Zum Forellenangeln würde sie mir gut gefallen.


----------



## Niklas32 (21. Dezember 2022)

Die würde an eine Forellenrute kommen.


----------



## Aalzheimer (21. Dezember 2022)

hanzz schrieb:


> zu klein dafür.


Danke für die Info. Dann weiß ich es auch nicht


----------



## Rheinspezie (21. Dezember 2022)

Zum leichten Sbirofischen am Forellensee. 
Genau so eine fehlt mir gerade 

R. S.


----------



## Skott (21. Dezember 2022)

Ich würde die Rolle auch zum Barscheln einsetzen wollen...

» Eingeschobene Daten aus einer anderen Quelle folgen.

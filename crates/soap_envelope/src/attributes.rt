// The SOAP attributes of header blocks.
ghost use Rattle.std.specs.Prelude.{◌≡◌, ◌∷◌, ◌+◌, ◌<◌, ◌^◌, IfOk, IsTrue, codes, drop, length};
ghost use Rattle.std.specs.List.{list_all};
ghost use Rattle.nbfx_values.specs.Items.{is_valid_item};
ghost use Rattle.soap_envelope.specs.Blocks as spec;
ghost use Rattle.soap_envelope.specs.Headers as headers;
ghost use Rattle.soap_envelope.specs.Scopes as scope;
ghost use Rattle.soap_envelope.specs.Scopes.{declared};

use crate::bindings::Bindings;
use crate::characters::{Characters, characters_in};
use crate::children::behind;
use crate::namespaces::{ROLE_NEXT, ROLE_ULTIMATE_RECEIVER, SOAP};
use crate::parts::element_uri;
use crate::scopes::Scopes;
use nbfx_values::{Item, Txt};
use std::alloc::Global;
use unit_streams::Memory;

// An attribute's place, and the characters of its value where it has some.
#[derive(Drop)]
pub(crate) struct Found<'d> {
    pub(crate) at: usize,
    pub(crate) characters: Option<Characters<'d>>,
}

// The namespace of an attribute with this prefix. One without prefix has none.
fn attribute_uri<'d>(outer: &Scopes<'d>, own: &Bindings<'d>, prefix: &Txt) -> &'d str
    ensures { result.now ≡ scope.attribute_uri (own.now ∷ outer.now) prefix.now }
{
    if prefix.len() == 0 {
        return "";
    }
    element_uri(outer, own, prefix)
}

// Whether an attribute is SOAP's of a local name.
#[tactic(auto, unfolding(crate::specs::Names::soap))]
fn is_soap_attribute<'d>(
    outer: &Scopes<'d>,
    own: &Bindings<'d>,
    name: &str,
    prefix: &Txt,
    local: &Txt,
) -> bool
    ensures { result ≡ spec.is_soap_attribute (own.now ∷ outer.now) name.now
        prefix.now local.now }
{
    local.as_str() == name && attribute_uri(outer, own, prefix) == SOAP
}

// The first such attribute among the declarations and attributes at the head of these items, of
// which the first has this place.
fn soap_attribute<'d>(
    alloc: Global,
    outer: &Scopes<'d>,
    own: &Bindings<'d>,
    name: &str,
    at: usize,
    behind: &'d [Item],
) -> Result<Option<Found<'d>>, Memory>
    requires few { at + length behind.now < 2 ^ 64 }
    requires valid { IsTrue (list_all is_valid_item behind.now) }
    ensures { IfOk result (λ found. found
        ≡ spec.soap_attribute (own.now ∷ outer.now) name.now at behind.now) }
{
    for (i, item) in behind.iter().enumerate() {
        match item {
            Item::Xmlns { .. } => {}
            Item::Attr {
                prefix,
                local,
                value,
            } => {
                if is_soap_attribute(outer, own, name, prefix, local) {
                    let characters = characters_in(alloc, value)?;
                    return Ok(Some(Found {
                        at: at + i,
                        characters,
                    }));
                }
            }
            _ => return Ok(None),
        }
    }
    Ok(None)
}

// The same of the element that begins at a place and has these declarations.
fn soap_attribute_of<'d>(
    alloc: Global,
    items: &'d [Item],
    outer: &Scopes<'d>,
    own: &Bindings<'d>,
    name: &str,
    at: usize,
) -> Result<Option<Found<'d>>, Memory>
    requires within { at < length items.now }
    requires valid { IsTrue (list_all is_valid_item items.now) }
    requires own { own.now ≡ declared (drop (at + 1) items.now) }
    ensures { IfOk result
        (λ found. found ≡ spec.soap_attribute_of items.now outer.now name.now at) }
{
    let behind = behind(items, at);
    soap_attribute(alloc, outer, own, name, at + 1, behind)
}

// The SOAP attributes of a header block.
#[derive(Drop)]
pub(crate) struct SoapAttributes<'d> {
    pub(crate) must_understand: Option<Found<'d>>,
    pub(crate) role: Option<Found<'d>>,
}

// Those of the element that begins at a place and has these declarations.
pub(crate) fn soap_attributes<'d>(
    alloc: Global,
    items: &'d [Item],
    outer: &Scopes<'d>,
    own: &Bindings<'d>,
    at: usize,
) -> Result<SoapAttributes<'d>, Memory>
    requires within { at < length items.now }
    requires valid { IsTrue (list_all is_valid_item items.now) }
    requires own { own.now ≡ declared (drop (at + 1) items.now) }
    ensures must_understand { IfOk result
        (λ of. of.must_understand ≡ spec.must_understand_of items.now outer.now at) }
    ensures role { IfOk result (λ of. of.role ≡ spec.role_of items.now outer.now at) }
{
    Ok(SoapAttributes {
        must_understand: soap_attribute_of(alloc, items, outer, own, "mustUnderstand", at)?,
        role: soap_attribute_of(alloc, items, outer, own, "role", at)?,
    })
}

// The spellings of a truth, as XML Schema has them.
fn is_yes(characters: &Option<Characters<'_>>) -> bool
    ensures { result ≡ spec.is_yes characters.now }
{
    match characters {
        Some(text) => text.as_str() == "1" || text.as_str() == "true",
        None => false,
    }
}

fn is_no(characters: &Option<Characters<'_>>) -> bool
    ensures { result ≡ spec.is_no characters.now }
{
    match characters {
        Some(text) => text.as_str() == "0" || text.as_str() == "false",
        None => false,
    }
}

// Whether a mustUnderstand attribute is there and true.
pub(crate) fn must_be_understood(found: &Option<Found<'_>>) -> bool
    ensures { result ≡ spec.must_be_understood found.now }
{
    match found {
        Some(found) => is_yes(&found.characters),
        None => false,
    }
}

// Whether characters are a role of the ultimate receiver's.
#[tactic(auto, unfolding(crate::specs::Names::role_next, crate::specs::Names::role_ultimate_receiver))]
fn is_own_role(characters: &Option<Characters<'_>>) -> bool
    ensures { result ≡ spec.is_own_role characters.now }
{
    match characters {
        Some(text) => {
            text.as_str() == ""
                || text.as_str() == ROLE_NEXT
                || text.as_str() == ROLE_ULTIMATE_RECEIVER
        }
        None => false,
    }
}

// Whether a role is missing, or one of the ultimate receiver's.
pub(crate) fn is_targeted(found: &Option<Found<'_>>) -> bool
    ensures { result ≡ spec.is_targeted found.now }
{
    match found {
        Some(found) => is_own_role(&found.characters),
        None => true,
    }
}

// The place of a mustUnderstand attribute whose value is no truth.
pub(crate) fn bad_must_understand(found: &Option<Found<'_>>) -> Option<usize>
    ensures { result ≡ headers.bad_must_understand found.now }
{
    match found {
        Some(found) => {
            if is_yes(&found.characters) || is_no(&found.characters) {
                None
            } else {
                Some(found.at)
            }
        }
        None => None,
    }
}

// The place of a role without characters.
pub(crate) fn bad_role(found: &Option<Found<'_>>) -> Option<usize>
    ensures { result ≡ headers.bad_role found.now }
{
    match found {
        Some(found) => {
            if found.characters.is_some() {
                None
            } else {
                Some(found.at)
            }
        }
        None => None,
    }
}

Aber mal eine andere Frage, woher habt ihr eure Rutenbeschreibung  Rollenbeschreibung und lest ihr eigentlich vorher Korrektur, bevor ihr so etwas einstellt??
Ihr schreibt da was von "Tonabnehmer", das ist doch kein Plattenspieler, gemeint ist der Schnurfangbügel...
Der Katalogtext auf eurer verlinkten Originalsite ist übrigens informativer und fehlerfreier als eure Beschreibung, warum nutzt ihr den denn nicht?


----------



## Finke20 (21. Dezember 2022)

Wenn ich sie gewinnen sollte, fällt mir auch schon ein  Stöckchen ein.


----------



## hanzz (21. Dezember 2022)

Skott schrieb:


> Rutenbeschreibung


Ist aber ne Rollenbeschreibung 

Aber ja. der Tonabnehmer ist gut.
Beim Barscheln n bisschen Musik an der Rolle wär doch was.


----------



## orca82 (21. Dezember 2022)

Zum leichten Spinnfischen


----------



## Buds Ben Cêre (21. Dezember 2022)

Ich schraube sie auch an eine Barschangel


----------



## Angelklinge (21. Dezember 2022)

Zum Barsche angeln


----------



## Slappy (21. Dezember 2022)

Natürlich auf Forelle/Barsch


----------



## Der mit dem Fisch tanzt (21. Dezember 2022)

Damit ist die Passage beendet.